• **Data to process**
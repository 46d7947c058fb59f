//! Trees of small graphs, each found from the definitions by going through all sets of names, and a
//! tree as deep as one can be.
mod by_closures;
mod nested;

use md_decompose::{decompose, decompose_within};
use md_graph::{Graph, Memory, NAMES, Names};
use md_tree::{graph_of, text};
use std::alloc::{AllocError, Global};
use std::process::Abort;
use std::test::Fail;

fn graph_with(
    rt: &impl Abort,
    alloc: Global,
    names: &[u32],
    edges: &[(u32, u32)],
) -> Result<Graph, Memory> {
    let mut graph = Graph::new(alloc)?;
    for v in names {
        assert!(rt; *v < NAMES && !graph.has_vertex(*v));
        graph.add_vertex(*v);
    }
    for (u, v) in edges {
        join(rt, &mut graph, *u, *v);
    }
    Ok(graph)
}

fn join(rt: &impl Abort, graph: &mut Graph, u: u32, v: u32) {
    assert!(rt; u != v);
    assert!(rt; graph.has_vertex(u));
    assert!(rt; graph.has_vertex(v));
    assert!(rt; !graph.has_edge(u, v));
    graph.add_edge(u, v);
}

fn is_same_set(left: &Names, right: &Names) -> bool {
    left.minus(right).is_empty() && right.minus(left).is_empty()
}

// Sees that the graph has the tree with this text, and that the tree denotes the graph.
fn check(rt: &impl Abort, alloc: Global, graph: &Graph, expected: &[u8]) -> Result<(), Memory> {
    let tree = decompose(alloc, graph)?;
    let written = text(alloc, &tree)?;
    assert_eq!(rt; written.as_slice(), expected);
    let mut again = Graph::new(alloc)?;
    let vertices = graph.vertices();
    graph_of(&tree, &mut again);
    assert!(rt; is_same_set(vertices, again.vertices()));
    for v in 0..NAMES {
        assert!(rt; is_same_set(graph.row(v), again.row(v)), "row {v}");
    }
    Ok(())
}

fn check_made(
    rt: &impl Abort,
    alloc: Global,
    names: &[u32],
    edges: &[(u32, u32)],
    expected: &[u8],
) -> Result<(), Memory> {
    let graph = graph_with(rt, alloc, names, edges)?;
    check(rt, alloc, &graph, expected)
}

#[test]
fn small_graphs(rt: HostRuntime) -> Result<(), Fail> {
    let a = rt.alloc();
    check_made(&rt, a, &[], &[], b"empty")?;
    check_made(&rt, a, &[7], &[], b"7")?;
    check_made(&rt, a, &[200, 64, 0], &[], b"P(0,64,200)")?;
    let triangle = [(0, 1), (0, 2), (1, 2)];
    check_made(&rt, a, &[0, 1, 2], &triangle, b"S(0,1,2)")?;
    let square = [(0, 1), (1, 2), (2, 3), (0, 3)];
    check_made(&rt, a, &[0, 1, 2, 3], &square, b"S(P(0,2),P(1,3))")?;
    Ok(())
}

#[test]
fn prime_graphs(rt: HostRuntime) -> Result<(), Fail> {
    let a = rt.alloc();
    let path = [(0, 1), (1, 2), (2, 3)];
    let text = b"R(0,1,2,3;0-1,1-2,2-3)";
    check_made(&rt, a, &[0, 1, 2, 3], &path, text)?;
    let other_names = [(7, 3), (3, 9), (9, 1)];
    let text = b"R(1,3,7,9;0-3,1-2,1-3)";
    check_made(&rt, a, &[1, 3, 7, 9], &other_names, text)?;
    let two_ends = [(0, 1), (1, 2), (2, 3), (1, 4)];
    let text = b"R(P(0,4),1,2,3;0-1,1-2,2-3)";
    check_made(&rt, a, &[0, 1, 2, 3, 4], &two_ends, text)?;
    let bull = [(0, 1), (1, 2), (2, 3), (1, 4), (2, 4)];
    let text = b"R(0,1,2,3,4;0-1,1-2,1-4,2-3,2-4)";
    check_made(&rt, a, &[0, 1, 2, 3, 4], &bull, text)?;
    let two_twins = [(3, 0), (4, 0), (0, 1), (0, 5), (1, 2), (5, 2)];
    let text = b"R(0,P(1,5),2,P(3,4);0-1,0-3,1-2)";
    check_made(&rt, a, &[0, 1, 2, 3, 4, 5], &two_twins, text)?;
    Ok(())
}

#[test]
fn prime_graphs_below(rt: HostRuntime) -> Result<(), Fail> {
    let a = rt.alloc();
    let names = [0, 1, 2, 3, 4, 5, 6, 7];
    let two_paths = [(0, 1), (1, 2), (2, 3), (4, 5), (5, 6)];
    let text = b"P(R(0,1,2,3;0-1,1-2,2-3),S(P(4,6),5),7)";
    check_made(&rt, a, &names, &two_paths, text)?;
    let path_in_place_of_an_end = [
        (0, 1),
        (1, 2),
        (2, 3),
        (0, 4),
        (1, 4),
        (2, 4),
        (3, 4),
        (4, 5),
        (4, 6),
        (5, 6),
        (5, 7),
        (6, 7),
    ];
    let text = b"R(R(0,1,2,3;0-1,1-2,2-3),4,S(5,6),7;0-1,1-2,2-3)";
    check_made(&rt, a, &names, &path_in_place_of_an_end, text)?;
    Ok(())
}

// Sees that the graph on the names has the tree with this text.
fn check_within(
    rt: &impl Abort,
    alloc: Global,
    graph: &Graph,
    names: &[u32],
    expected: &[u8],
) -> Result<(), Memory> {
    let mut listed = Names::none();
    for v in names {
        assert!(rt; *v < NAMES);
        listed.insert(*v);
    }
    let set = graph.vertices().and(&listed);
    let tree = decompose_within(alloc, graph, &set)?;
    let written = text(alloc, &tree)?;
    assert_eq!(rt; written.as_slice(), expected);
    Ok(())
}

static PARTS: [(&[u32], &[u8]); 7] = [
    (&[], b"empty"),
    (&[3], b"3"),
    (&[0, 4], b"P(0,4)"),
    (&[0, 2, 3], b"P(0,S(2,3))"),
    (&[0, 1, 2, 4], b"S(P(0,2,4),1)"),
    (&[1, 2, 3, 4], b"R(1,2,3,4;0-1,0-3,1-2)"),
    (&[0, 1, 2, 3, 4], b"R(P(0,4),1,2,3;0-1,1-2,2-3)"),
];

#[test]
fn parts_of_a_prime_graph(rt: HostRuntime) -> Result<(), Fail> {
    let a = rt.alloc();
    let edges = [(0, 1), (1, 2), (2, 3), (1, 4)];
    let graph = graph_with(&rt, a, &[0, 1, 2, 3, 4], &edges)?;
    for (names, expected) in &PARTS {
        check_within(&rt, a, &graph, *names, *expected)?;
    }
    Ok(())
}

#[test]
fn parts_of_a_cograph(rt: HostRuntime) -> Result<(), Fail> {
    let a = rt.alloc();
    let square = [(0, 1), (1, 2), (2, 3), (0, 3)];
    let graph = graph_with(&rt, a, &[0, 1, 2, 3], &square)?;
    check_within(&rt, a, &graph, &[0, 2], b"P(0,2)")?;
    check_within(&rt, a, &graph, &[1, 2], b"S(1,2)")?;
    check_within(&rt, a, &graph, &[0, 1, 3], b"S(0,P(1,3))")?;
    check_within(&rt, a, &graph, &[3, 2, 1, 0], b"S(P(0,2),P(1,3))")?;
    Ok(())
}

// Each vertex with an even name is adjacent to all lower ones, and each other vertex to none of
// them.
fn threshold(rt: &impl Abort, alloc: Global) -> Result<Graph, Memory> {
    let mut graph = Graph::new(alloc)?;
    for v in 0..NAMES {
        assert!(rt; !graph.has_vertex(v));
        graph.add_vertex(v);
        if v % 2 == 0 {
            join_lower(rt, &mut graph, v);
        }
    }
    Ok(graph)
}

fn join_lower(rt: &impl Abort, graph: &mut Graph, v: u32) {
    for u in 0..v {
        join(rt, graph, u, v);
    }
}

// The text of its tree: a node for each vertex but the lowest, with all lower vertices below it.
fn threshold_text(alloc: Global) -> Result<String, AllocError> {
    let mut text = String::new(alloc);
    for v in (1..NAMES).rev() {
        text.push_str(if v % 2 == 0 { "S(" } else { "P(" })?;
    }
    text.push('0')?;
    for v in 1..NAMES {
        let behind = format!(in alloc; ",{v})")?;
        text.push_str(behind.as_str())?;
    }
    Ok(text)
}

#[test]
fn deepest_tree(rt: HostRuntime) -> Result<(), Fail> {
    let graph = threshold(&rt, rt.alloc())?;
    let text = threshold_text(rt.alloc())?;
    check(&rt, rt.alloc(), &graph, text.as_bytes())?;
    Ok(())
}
--
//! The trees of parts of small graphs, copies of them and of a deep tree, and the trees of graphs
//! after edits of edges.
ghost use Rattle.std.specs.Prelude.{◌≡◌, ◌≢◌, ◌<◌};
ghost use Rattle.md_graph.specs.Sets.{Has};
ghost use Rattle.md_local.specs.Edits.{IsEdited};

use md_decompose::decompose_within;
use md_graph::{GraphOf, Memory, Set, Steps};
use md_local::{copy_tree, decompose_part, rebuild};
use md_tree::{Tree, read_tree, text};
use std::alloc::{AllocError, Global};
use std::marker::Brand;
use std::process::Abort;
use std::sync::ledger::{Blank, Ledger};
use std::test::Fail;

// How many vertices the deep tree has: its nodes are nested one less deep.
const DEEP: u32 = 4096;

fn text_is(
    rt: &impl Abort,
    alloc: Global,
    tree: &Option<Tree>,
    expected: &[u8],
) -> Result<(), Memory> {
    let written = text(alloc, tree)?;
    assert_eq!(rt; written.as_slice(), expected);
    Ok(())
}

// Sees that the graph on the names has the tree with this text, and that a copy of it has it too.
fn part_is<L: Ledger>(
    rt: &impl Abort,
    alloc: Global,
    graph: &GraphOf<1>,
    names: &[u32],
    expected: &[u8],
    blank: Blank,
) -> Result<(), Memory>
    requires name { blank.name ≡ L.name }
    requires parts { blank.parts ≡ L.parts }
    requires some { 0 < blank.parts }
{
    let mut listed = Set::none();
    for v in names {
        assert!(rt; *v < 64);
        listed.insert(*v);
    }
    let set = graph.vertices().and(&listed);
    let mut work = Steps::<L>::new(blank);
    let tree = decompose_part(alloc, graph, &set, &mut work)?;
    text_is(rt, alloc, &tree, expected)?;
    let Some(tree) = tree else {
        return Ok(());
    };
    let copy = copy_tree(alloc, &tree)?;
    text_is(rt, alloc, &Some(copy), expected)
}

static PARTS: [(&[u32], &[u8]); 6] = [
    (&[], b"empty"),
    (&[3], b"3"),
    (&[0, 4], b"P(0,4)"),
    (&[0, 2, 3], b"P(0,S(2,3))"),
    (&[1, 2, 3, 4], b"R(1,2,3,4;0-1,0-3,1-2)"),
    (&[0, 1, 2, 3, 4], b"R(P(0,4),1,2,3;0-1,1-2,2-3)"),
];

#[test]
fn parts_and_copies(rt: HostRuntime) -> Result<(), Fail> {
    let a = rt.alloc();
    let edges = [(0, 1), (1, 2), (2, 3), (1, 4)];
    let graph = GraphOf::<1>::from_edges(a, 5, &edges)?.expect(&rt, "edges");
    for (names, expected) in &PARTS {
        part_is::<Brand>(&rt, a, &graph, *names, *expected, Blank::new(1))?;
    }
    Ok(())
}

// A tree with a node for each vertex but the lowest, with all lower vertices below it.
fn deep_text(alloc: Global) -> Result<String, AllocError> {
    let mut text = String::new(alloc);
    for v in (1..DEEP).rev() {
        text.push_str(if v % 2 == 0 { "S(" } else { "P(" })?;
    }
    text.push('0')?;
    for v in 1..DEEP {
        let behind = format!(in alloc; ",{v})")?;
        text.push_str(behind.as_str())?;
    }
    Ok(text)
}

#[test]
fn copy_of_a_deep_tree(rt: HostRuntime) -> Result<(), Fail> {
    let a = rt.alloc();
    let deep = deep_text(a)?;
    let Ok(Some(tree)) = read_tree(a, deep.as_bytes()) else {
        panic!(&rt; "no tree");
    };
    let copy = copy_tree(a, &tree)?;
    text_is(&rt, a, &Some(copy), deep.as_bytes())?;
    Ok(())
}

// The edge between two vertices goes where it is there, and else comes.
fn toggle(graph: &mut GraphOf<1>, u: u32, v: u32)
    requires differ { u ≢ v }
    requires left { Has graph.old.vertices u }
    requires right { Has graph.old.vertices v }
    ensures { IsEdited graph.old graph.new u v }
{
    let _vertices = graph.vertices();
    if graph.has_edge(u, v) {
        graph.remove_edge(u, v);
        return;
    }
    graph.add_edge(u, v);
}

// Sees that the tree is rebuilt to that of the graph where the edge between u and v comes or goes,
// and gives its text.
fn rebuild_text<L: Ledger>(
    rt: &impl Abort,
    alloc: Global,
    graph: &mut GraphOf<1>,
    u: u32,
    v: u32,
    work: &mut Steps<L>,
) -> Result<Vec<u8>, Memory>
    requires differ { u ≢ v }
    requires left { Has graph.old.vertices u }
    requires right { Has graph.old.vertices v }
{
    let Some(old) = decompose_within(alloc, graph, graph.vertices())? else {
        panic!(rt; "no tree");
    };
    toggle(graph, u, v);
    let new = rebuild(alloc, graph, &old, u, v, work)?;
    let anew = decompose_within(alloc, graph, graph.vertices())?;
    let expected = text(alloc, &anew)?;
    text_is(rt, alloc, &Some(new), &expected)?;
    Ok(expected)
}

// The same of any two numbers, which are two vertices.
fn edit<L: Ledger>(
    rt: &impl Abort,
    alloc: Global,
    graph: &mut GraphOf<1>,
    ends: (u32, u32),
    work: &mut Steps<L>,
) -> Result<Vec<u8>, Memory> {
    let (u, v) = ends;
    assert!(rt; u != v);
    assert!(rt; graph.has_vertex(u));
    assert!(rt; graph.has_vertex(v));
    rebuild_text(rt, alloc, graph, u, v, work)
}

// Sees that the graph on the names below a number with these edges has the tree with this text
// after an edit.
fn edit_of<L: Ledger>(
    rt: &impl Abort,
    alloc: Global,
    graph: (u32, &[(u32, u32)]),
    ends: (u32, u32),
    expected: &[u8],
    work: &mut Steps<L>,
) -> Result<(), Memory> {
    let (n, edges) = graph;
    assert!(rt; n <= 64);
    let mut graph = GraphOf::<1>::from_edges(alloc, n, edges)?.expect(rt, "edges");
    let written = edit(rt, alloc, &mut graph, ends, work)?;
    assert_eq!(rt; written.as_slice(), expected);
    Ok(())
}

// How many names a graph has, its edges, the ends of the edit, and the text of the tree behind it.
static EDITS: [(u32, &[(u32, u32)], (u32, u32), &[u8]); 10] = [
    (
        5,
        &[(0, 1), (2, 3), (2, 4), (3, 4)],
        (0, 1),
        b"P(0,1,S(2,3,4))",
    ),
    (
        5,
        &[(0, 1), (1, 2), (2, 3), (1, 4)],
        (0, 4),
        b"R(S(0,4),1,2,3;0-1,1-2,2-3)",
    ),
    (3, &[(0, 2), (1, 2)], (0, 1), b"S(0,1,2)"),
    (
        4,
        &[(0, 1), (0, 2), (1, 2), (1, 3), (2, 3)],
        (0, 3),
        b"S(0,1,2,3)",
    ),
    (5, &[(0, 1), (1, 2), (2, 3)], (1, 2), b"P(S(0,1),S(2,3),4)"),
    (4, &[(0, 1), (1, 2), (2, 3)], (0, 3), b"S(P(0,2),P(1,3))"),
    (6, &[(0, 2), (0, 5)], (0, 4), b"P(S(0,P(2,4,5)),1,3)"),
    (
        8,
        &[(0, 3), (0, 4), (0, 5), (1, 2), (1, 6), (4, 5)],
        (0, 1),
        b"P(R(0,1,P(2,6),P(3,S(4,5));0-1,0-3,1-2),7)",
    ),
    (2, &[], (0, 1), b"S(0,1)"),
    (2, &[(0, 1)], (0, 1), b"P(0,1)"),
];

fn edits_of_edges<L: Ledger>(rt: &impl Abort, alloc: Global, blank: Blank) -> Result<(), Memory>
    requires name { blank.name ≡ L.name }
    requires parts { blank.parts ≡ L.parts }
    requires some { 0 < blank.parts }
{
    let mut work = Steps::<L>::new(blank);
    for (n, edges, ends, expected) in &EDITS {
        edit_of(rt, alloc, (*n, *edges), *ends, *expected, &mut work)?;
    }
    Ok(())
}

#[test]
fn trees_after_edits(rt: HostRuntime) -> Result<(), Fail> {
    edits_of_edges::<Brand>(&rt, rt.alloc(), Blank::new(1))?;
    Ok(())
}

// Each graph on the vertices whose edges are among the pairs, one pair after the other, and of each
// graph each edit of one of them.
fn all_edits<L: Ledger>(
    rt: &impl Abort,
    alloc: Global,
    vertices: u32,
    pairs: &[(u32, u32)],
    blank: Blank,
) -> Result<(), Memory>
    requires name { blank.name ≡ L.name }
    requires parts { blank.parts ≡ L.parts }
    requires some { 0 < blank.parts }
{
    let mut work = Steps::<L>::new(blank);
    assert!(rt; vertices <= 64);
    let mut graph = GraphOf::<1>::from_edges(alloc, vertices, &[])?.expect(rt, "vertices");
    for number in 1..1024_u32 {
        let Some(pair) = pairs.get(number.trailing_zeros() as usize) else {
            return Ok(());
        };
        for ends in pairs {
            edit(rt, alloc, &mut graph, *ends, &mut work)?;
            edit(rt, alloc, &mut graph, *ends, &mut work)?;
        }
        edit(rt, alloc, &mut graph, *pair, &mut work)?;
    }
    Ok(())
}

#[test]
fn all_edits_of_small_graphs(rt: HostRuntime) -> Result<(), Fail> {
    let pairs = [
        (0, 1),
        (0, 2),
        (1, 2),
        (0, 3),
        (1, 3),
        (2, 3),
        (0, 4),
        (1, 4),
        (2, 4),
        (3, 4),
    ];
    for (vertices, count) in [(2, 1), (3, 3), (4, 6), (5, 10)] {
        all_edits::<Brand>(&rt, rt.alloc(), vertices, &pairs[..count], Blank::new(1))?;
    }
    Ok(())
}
* * *
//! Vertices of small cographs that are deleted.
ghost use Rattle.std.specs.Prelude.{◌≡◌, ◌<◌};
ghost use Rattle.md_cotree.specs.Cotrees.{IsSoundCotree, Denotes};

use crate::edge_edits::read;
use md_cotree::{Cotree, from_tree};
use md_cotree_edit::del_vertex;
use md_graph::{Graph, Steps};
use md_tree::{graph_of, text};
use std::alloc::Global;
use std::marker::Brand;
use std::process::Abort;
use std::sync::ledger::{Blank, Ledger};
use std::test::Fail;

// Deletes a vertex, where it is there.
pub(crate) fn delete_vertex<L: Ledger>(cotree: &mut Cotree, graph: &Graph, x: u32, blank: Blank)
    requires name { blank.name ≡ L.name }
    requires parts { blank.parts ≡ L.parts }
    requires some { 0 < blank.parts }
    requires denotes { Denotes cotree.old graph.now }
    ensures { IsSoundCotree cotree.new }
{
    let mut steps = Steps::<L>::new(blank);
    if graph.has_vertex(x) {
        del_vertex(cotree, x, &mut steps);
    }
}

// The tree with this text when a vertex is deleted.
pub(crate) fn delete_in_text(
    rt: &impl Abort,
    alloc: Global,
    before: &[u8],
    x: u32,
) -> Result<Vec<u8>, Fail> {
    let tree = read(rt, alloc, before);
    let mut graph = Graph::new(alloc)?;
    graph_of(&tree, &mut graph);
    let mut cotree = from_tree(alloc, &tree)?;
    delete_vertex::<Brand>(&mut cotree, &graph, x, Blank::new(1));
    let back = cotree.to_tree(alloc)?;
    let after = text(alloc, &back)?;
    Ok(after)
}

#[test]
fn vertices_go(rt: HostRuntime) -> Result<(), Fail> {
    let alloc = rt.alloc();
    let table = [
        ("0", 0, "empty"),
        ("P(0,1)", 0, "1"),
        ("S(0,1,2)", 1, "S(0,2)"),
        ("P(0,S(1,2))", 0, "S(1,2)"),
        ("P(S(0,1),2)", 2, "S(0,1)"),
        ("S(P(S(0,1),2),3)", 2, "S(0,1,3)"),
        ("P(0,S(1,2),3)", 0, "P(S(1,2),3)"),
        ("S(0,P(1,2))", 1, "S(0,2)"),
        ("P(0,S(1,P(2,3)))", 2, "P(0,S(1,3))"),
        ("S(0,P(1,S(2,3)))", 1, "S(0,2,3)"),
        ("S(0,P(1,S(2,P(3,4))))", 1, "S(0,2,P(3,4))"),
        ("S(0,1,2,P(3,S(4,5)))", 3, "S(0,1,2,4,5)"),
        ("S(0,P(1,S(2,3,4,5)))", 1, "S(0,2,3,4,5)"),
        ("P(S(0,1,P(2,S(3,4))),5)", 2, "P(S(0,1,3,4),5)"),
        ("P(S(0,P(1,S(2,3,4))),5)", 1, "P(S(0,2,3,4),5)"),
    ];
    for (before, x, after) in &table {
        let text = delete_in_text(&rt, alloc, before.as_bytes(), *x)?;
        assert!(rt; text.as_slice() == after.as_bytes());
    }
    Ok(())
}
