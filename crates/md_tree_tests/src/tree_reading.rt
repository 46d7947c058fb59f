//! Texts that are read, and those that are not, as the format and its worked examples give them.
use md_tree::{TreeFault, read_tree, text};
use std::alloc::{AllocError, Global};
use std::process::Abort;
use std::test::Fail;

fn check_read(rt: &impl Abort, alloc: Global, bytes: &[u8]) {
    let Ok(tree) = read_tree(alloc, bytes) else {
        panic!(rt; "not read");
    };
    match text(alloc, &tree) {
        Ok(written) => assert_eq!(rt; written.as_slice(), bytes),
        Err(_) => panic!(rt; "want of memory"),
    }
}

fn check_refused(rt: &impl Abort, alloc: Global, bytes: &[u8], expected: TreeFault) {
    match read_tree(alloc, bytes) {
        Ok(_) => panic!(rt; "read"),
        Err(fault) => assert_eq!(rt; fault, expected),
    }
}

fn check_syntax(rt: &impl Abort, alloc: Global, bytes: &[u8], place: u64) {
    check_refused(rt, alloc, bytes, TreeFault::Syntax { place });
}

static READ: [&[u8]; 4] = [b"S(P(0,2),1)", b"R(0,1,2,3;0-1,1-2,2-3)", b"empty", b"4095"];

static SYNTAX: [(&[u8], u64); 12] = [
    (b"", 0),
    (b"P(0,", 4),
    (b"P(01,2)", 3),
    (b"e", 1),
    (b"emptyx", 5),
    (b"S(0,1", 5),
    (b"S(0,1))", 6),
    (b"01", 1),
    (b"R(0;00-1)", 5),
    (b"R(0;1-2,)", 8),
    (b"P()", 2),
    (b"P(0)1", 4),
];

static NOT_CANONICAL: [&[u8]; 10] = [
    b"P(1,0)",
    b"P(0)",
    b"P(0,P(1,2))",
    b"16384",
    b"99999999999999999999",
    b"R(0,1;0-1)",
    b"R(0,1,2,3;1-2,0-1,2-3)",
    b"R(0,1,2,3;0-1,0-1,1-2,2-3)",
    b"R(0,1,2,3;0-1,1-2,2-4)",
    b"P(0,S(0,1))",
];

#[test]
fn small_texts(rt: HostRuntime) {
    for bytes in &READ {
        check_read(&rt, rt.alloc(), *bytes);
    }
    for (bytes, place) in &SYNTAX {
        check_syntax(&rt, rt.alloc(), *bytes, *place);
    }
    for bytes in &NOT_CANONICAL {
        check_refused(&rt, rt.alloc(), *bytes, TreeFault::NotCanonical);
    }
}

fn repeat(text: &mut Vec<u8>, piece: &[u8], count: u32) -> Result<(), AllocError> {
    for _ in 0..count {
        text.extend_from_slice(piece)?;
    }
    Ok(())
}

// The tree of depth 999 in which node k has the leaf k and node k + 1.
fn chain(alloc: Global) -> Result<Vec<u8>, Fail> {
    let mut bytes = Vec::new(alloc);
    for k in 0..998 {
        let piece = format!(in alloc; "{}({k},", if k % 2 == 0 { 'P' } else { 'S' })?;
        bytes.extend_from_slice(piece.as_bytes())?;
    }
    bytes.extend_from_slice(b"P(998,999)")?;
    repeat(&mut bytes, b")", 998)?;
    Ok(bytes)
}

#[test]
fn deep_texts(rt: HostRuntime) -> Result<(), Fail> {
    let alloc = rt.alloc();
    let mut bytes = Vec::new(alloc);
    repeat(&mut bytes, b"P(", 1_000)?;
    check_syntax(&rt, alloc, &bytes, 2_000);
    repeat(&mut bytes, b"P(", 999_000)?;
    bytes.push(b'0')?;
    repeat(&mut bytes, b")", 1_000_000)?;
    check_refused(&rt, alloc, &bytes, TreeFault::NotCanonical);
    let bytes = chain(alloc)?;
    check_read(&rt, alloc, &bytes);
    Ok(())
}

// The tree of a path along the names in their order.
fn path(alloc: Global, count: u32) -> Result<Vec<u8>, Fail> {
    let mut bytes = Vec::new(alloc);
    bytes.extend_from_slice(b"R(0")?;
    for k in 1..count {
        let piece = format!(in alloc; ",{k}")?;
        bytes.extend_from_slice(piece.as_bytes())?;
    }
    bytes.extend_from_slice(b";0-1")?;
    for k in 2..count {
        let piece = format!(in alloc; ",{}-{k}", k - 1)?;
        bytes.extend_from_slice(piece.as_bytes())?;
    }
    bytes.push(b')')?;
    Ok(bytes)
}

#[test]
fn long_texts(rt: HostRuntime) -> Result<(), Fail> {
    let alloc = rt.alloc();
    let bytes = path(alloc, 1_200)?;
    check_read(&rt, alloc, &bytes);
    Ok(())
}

• **Problem requirements**
Write down how many lines of the data above carry the word "Brand". Nothing else belongs in the answer.

• **Answer to this task**
6